Ты былину новую слушай:
Жила-была Сила Сильная – сила мощная да неприкаянная. И некуда было этой Силе деваться. Бродила она несчастная по полям, по долам, по горам – красным солнышком опалённым. Но вот прилепилась Сила Сильная к богатырю киевскому великому, прилепилась – не отстаёт и отставать не собирается.
И богатырь встал, расправил плечи и пошёл рубить, сечь: «Мой топор – твоя голова с плеч!»
Срубил он, значит, одну силу чёрную, вторую: Мамаев покосил ой немерено! Но Мамаи имели свойство заканчиваться, и тогда руки до князей русських стали чесаться, до бояр, да до купцов. А также до девок красных: оных он не сёк, а «топтал», яки петух – за что богатыря и побили, да крепко так побили – так побили, что воин умом и тронулся. Так и ходил до конца дней своих по дворам – курей стрелял да от дубинушек мужицких уворачивался. Посмотрела на всё это дело – Сила Сильная, плюнула и вылетела из богатыря киевского, да побрела себе новое пристанище искать.

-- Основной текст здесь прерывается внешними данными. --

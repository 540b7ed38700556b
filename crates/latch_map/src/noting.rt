//! Noting what clauses say.

ghost use Rattle.std.specs.Prelude.{◌≡◌, ◌≤◌, IfOk, OnOk};
ghost use Rattle.graph.specs.Circuits.{Valuation};
ghost use Rattle.cnf.specs.Formulas.{clause_at as clause_of};
ghost use Rattle.latch_map.specs.Equal.{AreValues, IsKeptBy};

use crate::equality::{negated, said};
use crate::table::join;
use base::{Refused, Seq, filled, insert_hashed};
use graph::Lit;
use std::alloc::Global;
use std::collections::HashMap;

/// The numbers of two literals, the lesser one first.
fn key(one: Lit, other: Lit) -> (u32, u32) {
    if one.0 < other.0 {
        (one.0, other.0)
    } else {
        (other.0, one.0)
    }
}

/// The places of the clauses of two literals, by these.
fn places_of(alloc: Global, clauses: &[Seq<Lit>]) -> Result<HashMap<(u32, u32), usize>, Refused> {
    let mut places = HashMap::new(alloc);
    for (place, clause) in clauses.iter().enumerate() {
        if let [one, other] = clause.as_slice() {
            insert_hashed(&mut places, key(*one, *other), place)?;
        }
    }
    Ok(places)
}

/// The place of the clause that has the negations of the two literals of this one, and else this place.
fn place_of_denial(places: &HashMap<(u32, u32), usize>, clause: &[Lit], place: usize) -> usize {
    if let [one, other] = clause
        && let Some(found) = places.get(&key(negated(*one), negated(*other)))
    {
        return *found;
    }
    place
}

/// The clause at a place, which is empty behind the last one.
fn clause_at(clauses: &[Seq<Lit>], place: usize) -> &[Lit]
    ensures { result.now ≡ clause_of clauses.now place }
{
    match clauses.get(place) {
        Some(clause) => clause.as_slice(),
        None => &[],
    }
}

/// Notes what the clauses at two places say.
fn note(table: &mut [Option<Lit>], clauses: &[Seq<Lit>], place: usize, denial: usize)
    ensures { (w : Valuation) → IsKeptBy clauses.now w → AreValues w table.old → AreValues w table.new }
{
    match said(clause_at(clauses, place), clause_at(clauses, denial)) {
        Some(equal) => join(table, equal.one, equal.other),
        None => {}
    }
}

/// Notes what the clauses say.
#[tactic(auto, using(crate::proofs::Noted::noted_more))]
fn note_all(alloc: Global, table: &mut [Option<Lit>], clauses: &[Seq<Lit>]) -> Result<(), Refused>
    ensures { OnOk result ((w : Valuation) → IsKeptBy clauses.now w → AreValues w table.old → AreValues w table.new) }
{
    let places = places_of(alloc, clauses)?;
    for place in 0..clauses.len() {
        let denial = place_of_denial(&places, clause_at(clauses, place), place);
        note(table, clauses, place, denial);
    }
    Ok(())
}

/// A table of so many variables that has what the clauses say.
pub(crate) fn table_of(
    alloc: Global,
    clauses: &[Seq<Lit>],
    count: usize,
) -> Result<Vec<Option<Lit>>, Refused>
    requires { count ≤ 4194304 }
    ensures { IfOk result (λ table. (w : Valuation) → IsKeptBy clauses.now w → AreValues w table.items) }
{
    let mut table = filled(alloc, None, count)?;
    note_all(alloc, table.as_mut_slice(), clauses)?;
    Ok(table)
}
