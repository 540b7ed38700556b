//! Properties by the words that name them.
//!
//! - `property_named` is the property that a word names: `b`, `j` or `o`, and its position.
//! - `asked_by` is what a word asks for: such a property, or that of a name, which `property_called` looks for in the
//!   circuit's symbol table. `symbol_of` is the name of a property there.
//! - `Listing` shows the names there, `Called` one of them with its property, and `NameError` why a name is of none.
//! - `Name` shows a property without memory, and `Line` what JSON says of one.
#![tactic(auto)]

mod line;
mod listing;
mod property_name;
mod symbols;

pub use line::Line;
pub use listing::{Called, Listing, Name};
pub use property_name::property_named;
pub use symbols::{Asked, NameError, asked_by, property_called, symbol_of};
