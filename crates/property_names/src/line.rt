//! What JSON says of a property.

use crate::listing::Name;
use explanations::Quoted;
use graph::Property;
use std::fmt;
use std::time::Duration;

/// A text of JSON, or `null` where there is none.
#[derive(Clone, Copy)]
struct Given<'a>(Option<&'a [u8]>);

impl fmt::Display for Given<'_> {
    fn fmt<W: fmt::Write>(&self, f: &mut fmt::Formatter<W>) -> fmt::Result {
        match self.0 {
            Some(text) => write!(f, "{}", Quoted(text)),
            None => f.write_str("null"),
        }
    }
}

/// Seconds with three decimals, or `null` where the clock was refused.
#[derive(Clone, Copy)]
struct Seconds(Option<Duration>);

impl fmt::Display for Seconds {
    fn fmt<W: fmt::Write>(&self, f: &mut fmt::Formatter<W>) -> fmt::Result {
        match self.0 {
            Some(time) => write!(f, "{}.{:03}", time.as_secs(), time.subsec_millis()),
            None => f.write_str("null"),
        }
    }
}

/// The beginning of what JSON says of a property: an object that a program goes on with and closes.
#[derive(Clone, Copy)]
pub struct Line<'a> {
    /// the circuit's file, as it was named
    pub file: &'a str,
    /// the property
    pub property: Property,
    /// its name in the symbol table, where it has one
    pub symbol: Option<&'a [u8]>,
    /// the word for what is known of it
    pub verdict: &'static str,
    /// the file of the evidence, where there is one
    pub evidence: Option<&'a str>,
    /// how long it took, where the clock said so
    pub time: Option<Duration>,
}

impl fmt::Display for Line<'_> {
    fn fmt<W: fmt::Write>(&self, f: &mut fmt::Formatter<W>) -> fmt::Result {
        let file = Quoted(self.file.as_bytes());
        let property = Name(self.property);
        let symbol = Given(self.symbol);
        write!(
            f,
            "{{\"file\":{file},\"property\":\"{property}\",\"name\":{symbol}"
        )?;
        let verdict = self.verdict;
        let evidence = Given(match self.evidence {
            Some(name) => Some(name.as_bytes()),
            None => None,
        });
        let seconds = Seconds(self.time);
        write!(
            f,
            ",\"verdict\":\"{verdict}\",\"evidence\":{evidence},\"seconds\":{seconds}"
        )
    }
}
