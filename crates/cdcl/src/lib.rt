//! A conflict-driven solver.
//!
//! `Cdcl` keeps to `solver`'s `Sat`: a model satisfies the clauses and the assumptions, a core is
//! part of the assumptions that nothing satisfies with the clauses, and `Spent` is answered only
//! where the budget is exhausted.
//!
//! `Refuter` gives proofs of a formula with units that nothing satisfies, for one list of units after
//! the other, and `refute` one of a formula alone. lrat's `refutes` accepts them. Where many proofs share
//! lines, `Refuter::show` finds what shows each, `Refuter::lemmas` the lines that they share, and `section` what
//! is then left of each, one line.
//!
//! All of that is `cdcl_kernel`'s and `cdcl_log`'s: the kernel keeps the clauses, checks each clause before it is
//! learned, looks through a model and checks a core before either is answered, and the log has a line
//! for each clause that was learned. `cdcl_search` only steers them, and no proof rests on it.
#![tactic(auto)]

mod cdcl;
mod refutation;
mod refuted;
mod refuter;

pub use cdcl::Cdcl;
pub use cdcl_log::{Closing, Lemmas, Shown, section};
pub use refutation::refute;
pub use refuted::Refuted;
pub use refuter::Refuter;
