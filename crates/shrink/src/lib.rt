//! Circuits made smaller by structural hashing.
//!
//! `shrink` answers a circuit with the same inputs, latches and properties by position, in which no
//! gate has a constant or one variable twice on its right and no two gates have the same right
//! sides. For equal states and inputs every literal that the circuit shows has the same value. The
//! result has the numbering of the binary layout. `ready` makes a file whose circuit has that
//! numbering: where it has not, the circuit is shrunk, and names and comment stay.
//!
//! One pass over the gates, each after those that it reads, with a table of the pairs of right
//! sides that were made.
#![tactic(auto)]

mod carrying;
mod hashing;
mod making;
mod numbering;
mod ordered;
mod renaming;
mod shrink_error;

pub use hashing::shrink;
pub use ordered::ready;
pub use shrink_error::ShrinkError;
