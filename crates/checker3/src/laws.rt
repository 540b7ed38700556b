//! What a refusal says, as a law: the function does nothing when it runs.

ghost use Rattle.checker3.specs.Laws.{RefusedLaw};

/// A certificate with a cause is not accepted: each certificate that is accepted gets a yes.
pub fn refused_law()
    ensures { RefusedLaw }
{}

И нашла таки: понравилась ей поляница удалая, на русь-мать похожая. Погрузилась Сила Сильная в поляницу с головой и осталась в ней жить: а долго ли проживёт – время покажет. И вот оторвала пляница удалая с печи свой зад богатырский, вздохнула воздух лёгкими недюжинными и в путь пустилась: одному мужику бровь посекла, второму…
Да и призадумалась: «Что же это я – всех мужиков без бровей оставлю?» – ей и самой не понравилось эта затея.
Думала она, думала и придумала она баб без бровей оставлять: «А пущай уродками по земле ходят – никому не достанутся!» – и отправилась бабам брови рубить.